### Exercise objective
As the answer, give a copy of each line below that includes the word "whose".

### Dataset entries

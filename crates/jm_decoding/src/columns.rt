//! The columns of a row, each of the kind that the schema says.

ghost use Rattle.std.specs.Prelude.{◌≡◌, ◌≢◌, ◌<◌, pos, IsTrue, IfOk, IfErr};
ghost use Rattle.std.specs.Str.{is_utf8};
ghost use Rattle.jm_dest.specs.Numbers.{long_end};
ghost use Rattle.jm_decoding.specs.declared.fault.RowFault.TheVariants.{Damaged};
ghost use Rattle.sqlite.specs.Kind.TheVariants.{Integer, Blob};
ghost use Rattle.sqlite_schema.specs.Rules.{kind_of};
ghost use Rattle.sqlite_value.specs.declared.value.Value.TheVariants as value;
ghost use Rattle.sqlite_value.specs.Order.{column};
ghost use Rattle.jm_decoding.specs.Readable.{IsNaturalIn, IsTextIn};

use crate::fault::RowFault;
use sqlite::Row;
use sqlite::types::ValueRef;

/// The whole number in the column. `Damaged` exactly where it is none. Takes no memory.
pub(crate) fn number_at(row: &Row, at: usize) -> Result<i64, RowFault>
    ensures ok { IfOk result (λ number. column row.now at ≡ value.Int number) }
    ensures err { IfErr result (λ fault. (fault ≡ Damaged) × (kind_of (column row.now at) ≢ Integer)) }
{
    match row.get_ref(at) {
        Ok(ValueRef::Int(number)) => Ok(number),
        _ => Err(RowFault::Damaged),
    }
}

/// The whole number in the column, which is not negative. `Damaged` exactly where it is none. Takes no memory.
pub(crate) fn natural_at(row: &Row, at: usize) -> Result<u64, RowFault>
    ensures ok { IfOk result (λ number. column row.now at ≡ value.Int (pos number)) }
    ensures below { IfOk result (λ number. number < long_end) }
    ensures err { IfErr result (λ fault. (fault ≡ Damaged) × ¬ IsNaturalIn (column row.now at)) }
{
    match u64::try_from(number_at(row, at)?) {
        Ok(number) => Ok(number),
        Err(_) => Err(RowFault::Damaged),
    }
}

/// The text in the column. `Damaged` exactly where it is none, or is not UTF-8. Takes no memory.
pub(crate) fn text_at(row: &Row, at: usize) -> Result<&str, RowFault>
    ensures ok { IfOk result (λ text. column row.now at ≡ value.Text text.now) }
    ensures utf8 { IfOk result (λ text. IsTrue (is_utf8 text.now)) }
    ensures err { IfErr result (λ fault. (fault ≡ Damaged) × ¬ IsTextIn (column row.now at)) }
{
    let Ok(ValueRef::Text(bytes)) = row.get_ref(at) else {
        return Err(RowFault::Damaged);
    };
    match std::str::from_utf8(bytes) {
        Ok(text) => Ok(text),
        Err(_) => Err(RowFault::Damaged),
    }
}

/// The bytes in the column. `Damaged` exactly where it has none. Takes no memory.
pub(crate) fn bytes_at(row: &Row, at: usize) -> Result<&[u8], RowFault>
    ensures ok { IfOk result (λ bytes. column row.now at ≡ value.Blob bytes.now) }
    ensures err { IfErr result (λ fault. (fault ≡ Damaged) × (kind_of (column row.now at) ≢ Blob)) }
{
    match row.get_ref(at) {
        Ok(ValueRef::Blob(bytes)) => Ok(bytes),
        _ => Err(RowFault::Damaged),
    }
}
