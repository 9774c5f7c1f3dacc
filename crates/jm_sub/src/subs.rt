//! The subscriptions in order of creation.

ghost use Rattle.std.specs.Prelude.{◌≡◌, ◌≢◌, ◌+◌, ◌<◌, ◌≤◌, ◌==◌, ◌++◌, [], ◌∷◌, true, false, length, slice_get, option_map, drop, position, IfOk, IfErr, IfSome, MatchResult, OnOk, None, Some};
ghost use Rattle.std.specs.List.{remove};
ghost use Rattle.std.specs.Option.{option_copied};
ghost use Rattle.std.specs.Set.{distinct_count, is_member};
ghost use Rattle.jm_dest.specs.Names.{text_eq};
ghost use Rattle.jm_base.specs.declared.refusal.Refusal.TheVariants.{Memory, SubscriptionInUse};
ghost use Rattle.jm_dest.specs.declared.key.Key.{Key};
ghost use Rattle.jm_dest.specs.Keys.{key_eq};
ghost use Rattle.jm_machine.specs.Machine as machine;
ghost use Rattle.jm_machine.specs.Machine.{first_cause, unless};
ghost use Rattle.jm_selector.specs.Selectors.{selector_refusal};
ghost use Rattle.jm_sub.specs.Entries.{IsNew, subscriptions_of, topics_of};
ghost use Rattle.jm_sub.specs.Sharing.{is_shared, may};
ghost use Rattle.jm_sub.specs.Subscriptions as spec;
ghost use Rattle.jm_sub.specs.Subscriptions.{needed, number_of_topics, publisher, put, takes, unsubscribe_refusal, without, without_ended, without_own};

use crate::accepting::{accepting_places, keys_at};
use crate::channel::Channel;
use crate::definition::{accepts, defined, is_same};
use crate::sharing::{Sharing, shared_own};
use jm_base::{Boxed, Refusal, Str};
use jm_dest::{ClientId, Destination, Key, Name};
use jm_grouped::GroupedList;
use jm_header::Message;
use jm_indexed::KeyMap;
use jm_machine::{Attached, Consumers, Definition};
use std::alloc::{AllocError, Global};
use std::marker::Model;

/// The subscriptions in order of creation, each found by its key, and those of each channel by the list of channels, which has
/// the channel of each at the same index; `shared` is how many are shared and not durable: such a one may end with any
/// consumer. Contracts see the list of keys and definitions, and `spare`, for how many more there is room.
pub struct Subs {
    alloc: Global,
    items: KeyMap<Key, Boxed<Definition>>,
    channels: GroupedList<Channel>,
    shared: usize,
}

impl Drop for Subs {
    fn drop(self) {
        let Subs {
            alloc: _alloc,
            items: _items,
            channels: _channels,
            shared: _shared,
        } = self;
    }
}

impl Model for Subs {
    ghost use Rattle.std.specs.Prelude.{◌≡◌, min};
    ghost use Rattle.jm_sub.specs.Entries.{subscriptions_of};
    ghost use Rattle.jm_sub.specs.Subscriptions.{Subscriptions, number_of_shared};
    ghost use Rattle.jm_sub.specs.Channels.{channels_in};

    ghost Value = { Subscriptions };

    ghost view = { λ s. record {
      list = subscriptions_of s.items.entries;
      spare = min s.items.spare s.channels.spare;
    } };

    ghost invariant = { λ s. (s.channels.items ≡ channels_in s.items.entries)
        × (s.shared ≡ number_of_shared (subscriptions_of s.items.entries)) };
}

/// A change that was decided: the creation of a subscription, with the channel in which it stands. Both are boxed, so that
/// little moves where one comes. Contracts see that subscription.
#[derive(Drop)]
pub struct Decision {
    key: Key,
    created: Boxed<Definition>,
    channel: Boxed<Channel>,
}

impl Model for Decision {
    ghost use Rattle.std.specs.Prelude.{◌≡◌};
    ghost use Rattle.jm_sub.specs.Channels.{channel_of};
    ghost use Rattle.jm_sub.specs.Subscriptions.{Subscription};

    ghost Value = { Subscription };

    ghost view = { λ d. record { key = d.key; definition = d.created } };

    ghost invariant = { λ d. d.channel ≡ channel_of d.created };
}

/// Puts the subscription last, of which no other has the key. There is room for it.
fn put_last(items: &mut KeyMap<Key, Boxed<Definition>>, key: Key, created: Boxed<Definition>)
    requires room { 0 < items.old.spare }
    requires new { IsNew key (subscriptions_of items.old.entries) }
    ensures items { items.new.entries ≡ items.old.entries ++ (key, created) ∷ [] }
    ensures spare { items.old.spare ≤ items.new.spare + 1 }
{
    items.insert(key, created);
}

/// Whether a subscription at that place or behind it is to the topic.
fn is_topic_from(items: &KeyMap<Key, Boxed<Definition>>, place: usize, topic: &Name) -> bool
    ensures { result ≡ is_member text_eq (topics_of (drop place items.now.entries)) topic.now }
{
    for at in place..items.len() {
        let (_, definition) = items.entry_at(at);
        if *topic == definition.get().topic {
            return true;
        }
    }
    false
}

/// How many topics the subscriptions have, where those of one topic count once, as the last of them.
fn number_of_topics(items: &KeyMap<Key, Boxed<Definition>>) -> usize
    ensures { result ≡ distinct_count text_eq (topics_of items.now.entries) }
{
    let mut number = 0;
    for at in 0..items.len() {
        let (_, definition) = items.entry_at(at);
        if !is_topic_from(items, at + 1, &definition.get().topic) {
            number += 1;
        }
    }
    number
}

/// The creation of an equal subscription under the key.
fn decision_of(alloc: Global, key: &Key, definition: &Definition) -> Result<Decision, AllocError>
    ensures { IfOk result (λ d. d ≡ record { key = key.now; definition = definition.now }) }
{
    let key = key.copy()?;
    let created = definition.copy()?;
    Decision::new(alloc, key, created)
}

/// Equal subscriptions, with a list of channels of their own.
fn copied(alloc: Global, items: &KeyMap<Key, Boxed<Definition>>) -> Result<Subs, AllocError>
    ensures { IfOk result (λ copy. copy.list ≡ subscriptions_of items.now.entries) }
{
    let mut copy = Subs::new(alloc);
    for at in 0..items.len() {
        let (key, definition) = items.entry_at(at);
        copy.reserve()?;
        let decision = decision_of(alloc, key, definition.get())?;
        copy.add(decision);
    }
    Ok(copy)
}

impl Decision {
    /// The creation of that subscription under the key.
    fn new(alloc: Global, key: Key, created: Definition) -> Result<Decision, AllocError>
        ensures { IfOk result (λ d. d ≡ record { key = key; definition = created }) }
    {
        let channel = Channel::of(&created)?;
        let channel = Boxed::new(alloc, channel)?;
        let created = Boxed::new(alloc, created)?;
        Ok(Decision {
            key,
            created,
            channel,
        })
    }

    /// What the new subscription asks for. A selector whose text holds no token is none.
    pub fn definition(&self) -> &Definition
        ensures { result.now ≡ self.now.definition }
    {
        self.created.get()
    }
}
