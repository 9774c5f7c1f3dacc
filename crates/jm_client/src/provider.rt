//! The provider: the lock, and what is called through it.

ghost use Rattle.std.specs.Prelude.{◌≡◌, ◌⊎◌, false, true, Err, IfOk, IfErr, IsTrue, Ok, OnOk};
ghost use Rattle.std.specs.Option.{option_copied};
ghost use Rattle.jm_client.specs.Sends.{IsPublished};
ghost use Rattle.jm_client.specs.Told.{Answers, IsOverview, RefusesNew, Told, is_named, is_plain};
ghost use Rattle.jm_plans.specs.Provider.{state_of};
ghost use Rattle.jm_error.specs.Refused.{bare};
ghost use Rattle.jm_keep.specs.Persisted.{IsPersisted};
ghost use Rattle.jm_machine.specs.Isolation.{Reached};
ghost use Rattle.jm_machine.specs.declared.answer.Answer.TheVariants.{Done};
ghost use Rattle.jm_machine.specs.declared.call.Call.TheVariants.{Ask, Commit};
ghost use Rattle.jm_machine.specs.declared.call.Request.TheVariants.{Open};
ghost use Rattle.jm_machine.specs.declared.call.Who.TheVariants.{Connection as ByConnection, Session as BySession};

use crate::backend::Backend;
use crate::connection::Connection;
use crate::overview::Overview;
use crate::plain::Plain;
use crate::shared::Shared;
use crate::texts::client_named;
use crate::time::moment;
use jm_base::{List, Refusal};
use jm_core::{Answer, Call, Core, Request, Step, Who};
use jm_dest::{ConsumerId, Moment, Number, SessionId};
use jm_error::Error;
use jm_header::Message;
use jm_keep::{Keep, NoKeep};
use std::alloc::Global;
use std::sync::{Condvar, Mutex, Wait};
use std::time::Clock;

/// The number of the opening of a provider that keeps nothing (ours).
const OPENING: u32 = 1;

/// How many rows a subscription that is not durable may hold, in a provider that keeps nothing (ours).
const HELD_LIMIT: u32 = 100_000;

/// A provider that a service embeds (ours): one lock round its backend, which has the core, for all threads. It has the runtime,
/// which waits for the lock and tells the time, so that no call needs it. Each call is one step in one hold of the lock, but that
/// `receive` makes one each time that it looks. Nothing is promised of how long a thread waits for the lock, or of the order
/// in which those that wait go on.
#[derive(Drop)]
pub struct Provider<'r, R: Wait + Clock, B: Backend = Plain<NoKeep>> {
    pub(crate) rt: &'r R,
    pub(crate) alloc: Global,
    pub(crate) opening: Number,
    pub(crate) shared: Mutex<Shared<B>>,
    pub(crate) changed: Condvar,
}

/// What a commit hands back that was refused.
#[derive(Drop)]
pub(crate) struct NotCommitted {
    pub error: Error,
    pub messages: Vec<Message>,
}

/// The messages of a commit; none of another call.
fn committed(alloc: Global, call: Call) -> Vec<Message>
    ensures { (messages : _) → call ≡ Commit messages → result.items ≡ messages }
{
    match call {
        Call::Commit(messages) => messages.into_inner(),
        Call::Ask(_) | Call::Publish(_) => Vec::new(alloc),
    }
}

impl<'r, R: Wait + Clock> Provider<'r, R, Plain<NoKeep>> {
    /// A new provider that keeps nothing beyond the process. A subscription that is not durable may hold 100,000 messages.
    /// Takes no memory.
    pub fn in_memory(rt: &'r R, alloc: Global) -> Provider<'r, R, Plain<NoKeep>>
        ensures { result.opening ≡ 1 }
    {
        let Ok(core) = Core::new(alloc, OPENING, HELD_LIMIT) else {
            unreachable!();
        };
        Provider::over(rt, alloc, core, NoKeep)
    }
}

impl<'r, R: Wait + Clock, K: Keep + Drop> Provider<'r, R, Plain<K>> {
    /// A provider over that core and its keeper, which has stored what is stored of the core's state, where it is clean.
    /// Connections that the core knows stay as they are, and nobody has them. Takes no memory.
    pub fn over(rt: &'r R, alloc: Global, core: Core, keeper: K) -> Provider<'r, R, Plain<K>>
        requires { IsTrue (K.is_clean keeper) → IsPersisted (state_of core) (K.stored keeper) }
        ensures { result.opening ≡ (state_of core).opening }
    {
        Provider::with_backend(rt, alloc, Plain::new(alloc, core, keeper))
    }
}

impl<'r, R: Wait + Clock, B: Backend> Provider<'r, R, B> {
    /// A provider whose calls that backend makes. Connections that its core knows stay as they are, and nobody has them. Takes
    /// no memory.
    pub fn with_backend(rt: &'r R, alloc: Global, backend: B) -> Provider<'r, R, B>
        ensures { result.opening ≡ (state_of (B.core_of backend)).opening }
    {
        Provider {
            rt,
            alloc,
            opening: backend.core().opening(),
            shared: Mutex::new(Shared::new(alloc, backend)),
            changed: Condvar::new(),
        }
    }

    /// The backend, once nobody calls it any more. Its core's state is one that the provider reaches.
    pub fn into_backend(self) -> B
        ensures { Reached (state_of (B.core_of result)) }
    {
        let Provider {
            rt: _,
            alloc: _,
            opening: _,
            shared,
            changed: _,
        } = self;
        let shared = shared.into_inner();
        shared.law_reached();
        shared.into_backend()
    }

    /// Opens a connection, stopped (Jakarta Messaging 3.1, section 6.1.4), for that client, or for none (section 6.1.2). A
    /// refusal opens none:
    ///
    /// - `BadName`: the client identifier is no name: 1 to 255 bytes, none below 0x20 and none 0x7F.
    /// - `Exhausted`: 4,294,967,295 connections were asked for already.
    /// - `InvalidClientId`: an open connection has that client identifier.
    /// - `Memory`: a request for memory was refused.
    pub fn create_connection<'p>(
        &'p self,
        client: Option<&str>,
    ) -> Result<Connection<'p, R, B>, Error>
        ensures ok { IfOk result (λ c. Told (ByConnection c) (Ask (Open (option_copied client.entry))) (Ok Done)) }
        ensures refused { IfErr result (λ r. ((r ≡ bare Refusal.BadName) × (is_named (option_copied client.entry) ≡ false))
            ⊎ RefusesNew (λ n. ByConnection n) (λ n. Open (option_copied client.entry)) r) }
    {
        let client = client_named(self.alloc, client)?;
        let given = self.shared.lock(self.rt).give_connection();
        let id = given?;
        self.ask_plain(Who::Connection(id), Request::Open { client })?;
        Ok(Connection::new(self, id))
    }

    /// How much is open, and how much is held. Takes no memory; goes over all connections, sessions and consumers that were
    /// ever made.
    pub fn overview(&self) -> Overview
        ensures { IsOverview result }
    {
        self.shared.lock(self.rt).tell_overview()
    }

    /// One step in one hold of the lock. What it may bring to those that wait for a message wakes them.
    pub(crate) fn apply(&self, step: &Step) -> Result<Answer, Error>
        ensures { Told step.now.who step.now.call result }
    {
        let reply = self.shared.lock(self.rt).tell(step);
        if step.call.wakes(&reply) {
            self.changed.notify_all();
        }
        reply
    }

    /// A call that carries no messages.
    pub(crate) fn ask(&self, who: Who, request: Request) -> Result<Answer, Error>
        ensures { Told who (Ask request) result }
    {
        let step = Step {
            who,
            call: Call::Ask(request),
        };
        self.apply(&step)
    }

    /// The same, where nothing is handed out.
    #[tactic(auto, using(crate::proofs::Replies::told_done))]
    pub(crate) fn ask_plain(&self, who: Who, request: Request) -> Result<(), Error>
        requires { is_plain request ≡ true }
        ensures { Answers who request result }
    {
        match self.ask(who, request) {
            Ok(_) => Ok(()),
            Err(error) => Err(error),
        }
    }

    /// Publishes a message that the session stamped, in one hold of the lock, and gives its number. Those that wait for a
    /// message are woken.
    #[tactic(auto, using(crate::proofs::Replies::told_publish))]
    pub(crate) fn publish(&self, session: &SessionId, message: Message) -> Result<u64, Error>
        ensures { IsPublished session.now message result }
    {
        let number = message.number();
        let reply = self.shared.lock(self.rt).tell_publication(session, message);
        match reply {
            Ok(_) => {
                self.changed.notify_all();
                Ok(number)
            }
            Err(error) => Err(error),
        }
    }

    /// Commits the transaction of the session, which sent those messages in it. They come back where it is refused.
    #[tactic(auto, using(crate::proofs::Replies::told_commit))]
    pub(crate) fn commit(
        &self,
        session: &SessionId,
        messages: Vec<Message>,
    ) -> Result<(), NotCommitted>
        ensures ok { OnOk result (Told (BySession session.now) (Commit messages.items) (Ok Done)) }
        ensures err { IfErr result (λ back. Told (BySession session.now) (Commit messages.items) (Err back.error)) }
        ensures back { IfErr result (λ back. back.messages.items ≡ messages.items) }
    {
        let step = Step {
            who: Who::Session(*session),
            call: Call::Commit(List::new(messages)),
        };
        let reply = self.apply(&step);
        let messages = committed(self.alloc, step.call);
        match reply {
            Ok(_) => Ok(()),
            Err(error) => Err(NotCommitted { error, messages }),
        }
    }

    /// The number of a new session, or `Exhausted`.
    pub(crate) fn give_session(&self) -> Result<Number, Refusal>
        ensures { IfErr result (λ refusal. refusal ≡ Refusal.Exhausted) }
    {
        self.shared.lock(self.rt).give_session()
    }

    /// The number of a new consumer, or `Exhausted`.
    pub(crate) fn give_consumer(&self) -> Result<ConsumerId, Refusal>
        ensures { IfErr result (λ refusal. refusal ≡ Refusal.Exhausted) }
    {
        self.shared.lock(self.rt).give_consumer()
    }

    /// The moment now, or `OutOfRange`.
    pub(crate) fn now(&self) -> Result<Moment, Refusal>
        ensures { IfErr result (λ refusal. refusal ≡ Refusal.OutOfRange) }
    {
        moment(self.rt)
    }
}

### Finished task
    /// What the new subscription asks for. A selector whose text holds no token is none.
    /// A provider whose calls that backend makes. Connections that its core knows stay as they are, and nobody has them. Takes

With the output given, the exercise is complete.